Exceptional Leaders associate with Exceptional Leaders to Win and Lead with Exceptional Excellence The five distinguished 2020 MDAA Missile Defender of the Year’s awardees were honorably accompanied by: General John Hyten, Vice Chairman of the Joint Chiefs of Staff; General James McConville, Chief of Staff of the Army; General Daniel Hokanson, Chief of the National Guard Bureau; General Tod Wolters, Commander U.S. European Command and NATO Supreme Allied Commander Europe; Vice Admiral Jon Hill, Director of the Missile Defense Agency; Vice Admiral James Kilby, Deputy Chief of Naval Operations for Warﬁghting Requirements and Capabilities; Lieutenant General Stephen Whiting, Commander of Space Operations Command; and Colonel Richard Harrison, Commander of the Army Air Defense Artillery School.

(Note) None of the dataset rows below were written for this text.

//! What names in expressions stand for (2.4.3, 2.6.2, 2.6.4.5).

ghost use Rattle.std.specs.Prelude.{◌≡◌};
ghost use Rattle.sfc_check.specs.Scopes as scopes;
ghost use Rattle.sfc_expr.specs.Trees.{expression_of};

use crate::scope::Scope;
use sfc_base::case::is_same_word;
use sfc_base::references::{StepId, Variable};
use sfc_base::var_type::VarType;
use sfc_expr::expr::Expr;
use sfc_text::expression::Variable as Name;

/// What a name in an expression stands for.
#[derive(Clone, Copy, Debug, PartialEq, Eq)]
pub enum Referent {
    /// A variable, with its type.
    Variable(Variable, VarType),
    /// `S.X` of a step.
    StepActive(StepId),
    /// `S.T` of a step.
    StepTime(StepId),
    /// `A.Q` of the action in whose body it stands.
    ActionQ,
}

impl Referent {
    /// What a name with or without a dot stands for; none where it is not found.
    pub fn of_name<S: Scope>(name: &Name, scope: &S) -> Option<Referent>
        ensures { result ≡ scopes.referent_of (S.names scope.now) name.now }
    {
        match &name.part {
            None => {
                let (variable, var_type) = scope.variable(name.name.spelling())?;
                Some(Referent::Variable(variable, var_type))
            }
            Some(part) => part_of(name.name.spelling(), part.spelling(), scope),
        }
    }

    /// The type of its value.
    pub fn var_type(self) -> VarType
        ensures { result ≡ scopes.type_of_referent self }
    {
        match self {
            Referent::Variable(_, var_type) => var_type,
            Referent::StepActive(_) | Referent::ActionQ => VarType::Bool,
            Referent::StepTime(_) => VarType::Time,
        }
    }

    /// The expression that reads it.
    pub fn reading(self) -> Expr
        ensures { expression_of result ≡ scopes.reading_of self }
    {
        match self {
            Referent::Variable(variable, _) => Expr::Variable(variable),
            Referent::StepActive(step) => Expr::StepActive(step),
            Referent::StepTime(step) => Expr::StepTime(step),
            Referent::ActionQ => Expr::ActionQ,
        }
    }
}

/// Whether steps or actions have a part of this name (2.6.2, 2.6.4.5): X, T or Q.
pub(crate) fn is_part(part: &[u8]) -> bool {
    is_same_word(part, b"X") || is_same_word(part, b"T") || is_same_word(part, b"Q")
}

// What a name with a dot stands for.
fn part_of<S: Scope>(name: &[u8], part: &[u8], scope: &S) -> Option<Referent>
    ensures { result ≡ scopes.part_of (S.names scope.now) name.now part.now }
{
    if is_same_word(part, b"X") {
        return Some(Referent::StepActive(scope.step(name)?));
    }
    if is_same_word(part, b"T") {
        return Some(Referent::StepTime(scope.step(name)?));
    }
    if is_same_word(part, b"Q") && scope.is_own_action(name) {
        return Some(Referent::ActionQ);
    }
    None
}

“When you think about the job of our strategic offense and the job of our missile defense, they’re one and the same: we stand the watch, we stand ready, we maintain the readiness of the force, we watch for threats, and we respond, if we have to, with the most powerful weapons that we own. And we hope that we never have to operate those weapons. That’s a significant responsibility: hoping that the weapon you operate will never be launched; hoping that you never have to pull the trigger. But that’s what we do, and that’s how we deter our adversaries, that’s how 300 soldiers, up in the middle of Alaska, and soldiers in California, and soldiers and sailors and marines all around the world deter our adversaries — because they understand the concept of deterrence… in many cases, better than many in our country. Because the concept of deterrence hasn’t changed over the years. There are three major elements of it. Number one: to impose costs on an adversary. Number two: to deny benefit to that adversary. And number three: to make sure it’s communicated credibly to that adversary.”

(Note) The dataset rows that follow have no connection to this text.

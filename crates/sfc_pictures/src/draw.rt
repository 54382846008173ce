//! A chart as Graphviz text, from bytes to bytes.

use crate::drawing::{picture_of_instances, picture_of_types};
use crate::picture_error::PictureError;
use crate::quiet::Quiet;
use crate::sfc_core::resource::Resource;
use crate::sfc_debug::debugger::Debugger;
use sfc_base::ids::TypeId;
use sfc_base::write_fault::put_all;
use sfc_plant::plant::Plant;
use sfc_replay::chart::plant_of_text;
use sfc_replay::input::read_to_end;
use sfc_replay::opening::{Opened, open_from};
use sfc_replay::play::play;
use sfc_replay::replay_error::ReplayError;
use std::alloc::Global;
use std::io::{Read, Write};

// The program type of this name, where one is named.
fn wanted_type(plant: &Plant, name: Option<&[u8]>) -> Result<Option<TypeId>, PictureError> {
    let Some(name) = name else {
        return Ok(None);
    };
    match plant.find_type(name) {
        Some(program) => Ok(Some(program)),
        None => Err(PictureError::NoSuchType),
    }
}

// Writes the picture of a plant.
fn put_types<W: Write>(
    alloc: Global,
    plant: &Plant,
    name: Option<&[u8]>,
    w: &mut W,
) -> Result<(), PictureError> {
    let wanted = wanted_type(plant, name)?;
    let picture = picture_of_types(alloc, plant, wanted)?;
    put_all(w, &picture)?;
    Ok(())
}

// Writes the picture of a resource.
fn put_instances<W: Write>(
    alloc: Global,
    resource: &Resource,
    name: Option<&[u8]>,
    w: &mut W,
) -> Result<(), PictureError> {
    let wanted = wanted_type(resource.plant(), name)?;
    let picture = picture_of_instances(alloc, resource, wanted)?;
    put_all(w, &picture)?;
    Ok(())
}

/// Writes the program types of a chart as a picture in the language of Graphviz: all of them, or the one with this name, whatever the
/// case of its letters. Steps are boxes, initial ones with a double border, with their action blocks at the side; transitions are bars
/// with number, name, priority and condition; double lines fork and join (2.6.2 to 2.6.5).
///
/// At most 1,048,577 bytes are taken from the reader. `NoSuchType` is answered where no program type has the name, and else what
/// `list_chart` answers: with `Chart`, `Read` and `Memory` nothing was written, with `Write` a front of the picture.
pub fn draw_chart<C: Read, W: Write>(
    alloc: Global,
    chart: &mut C,
    name: Option<&[u8]>,
    w: &mut W,
) -> Result<(), PictureError> {
    let text = read_to_end(alloc, chart)?;
    let plant = plant_of_text(alloc, &text)?;
    put_types(alloc, &plant, name, w)
}

// The debugger of a chart behind a script.
fn played<C: Read, S: Read>(
    alloc: Global,
    chart: &mut C,
    script: &mut S,
) -> Result<Debugger, ReplayError> {
    let Opened {
        mut debugger,
        commands,
    } = open_from(alloc, chart, script)?;
    let mut nothing = Vec::new(alloc);
    play(alloc, &mut Quiet, &mut debugger, &commands, &mut nothing)?;
    Ok(debugger)
}

/// Writes the program instances of a chart as a picture, as they stand when a script has been played: active steps are filled, with their
/// times, and the transitions that the latest scan of each cleared are marked. Those of the program type with this name, or all.
///
/// The chart is read first, then the script, and at most 1,048,577 bytes are taken from each. The errors are those of `draw_chart`, and
/// `Script` where the script is refused; a command of the script that is refused changes nothing, and is passed over.
pub fn draw_after<C: Read, S: Read, W: Write>(
    alloc: Global,
    chart: &mut C,
    script: &mut S,
    name: Option<&[u8]>,
    w: &mut W,
) -> Result<(), PictureError> {
    let debugger = played(alloc, chart, script)?;
    put_instances(alloc, debugger.resource(), name, w)
}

“That’s how we deter adversaries: by threatening to impose costs if attacked. But we also deny benefit to an adversary by defending… by building the ability to defend ourselves. That’s what out missile defense capabilities do. And when you integrate your offense with your defense… that’s when you most effectively deter your adversary. Now, it has to be communicated credibly, that means we have to stand up and talk about offense and defense, and make sure that any potential adversaries in the world know that we can defend ourselves, and know that we can respond if attacked. And, by knowing that, they should be deterred from ever attacking us. And that allows the men and women of the United States of America, tonight when they go to bed and lay their head on the pillow… they don’t have to worry about the job that we do.” — Gen. John Hyten, Vice-Chairman of the Joint Chiefs of Staff’s remarks at MDAA’s 2021 National Defender of the Year Award Ceremony, March 23, 2021.
We took the time to award them with honor from our Ronald W. Reagan Memorial at Vandenberg Air Force Base, in California, that overviews 5 ground-based missile-defense silos that are defending our nation today. President Ronald Reagan’s SDI Speech, on March 23rd, 1983, inspired this memorial and inspired our date to recognize the nation’s missile defenders of the year for 2020.
“Wouldn’t it be better to save lives than to avenge them? Are we not capable of demonstrating our peaceful intentions by applying all our abilities and our ingenuity to achieving a truly lasting stability? I think we are, indeed. Indeed, we must.” — 40th U.S. President, Ronald Reagan.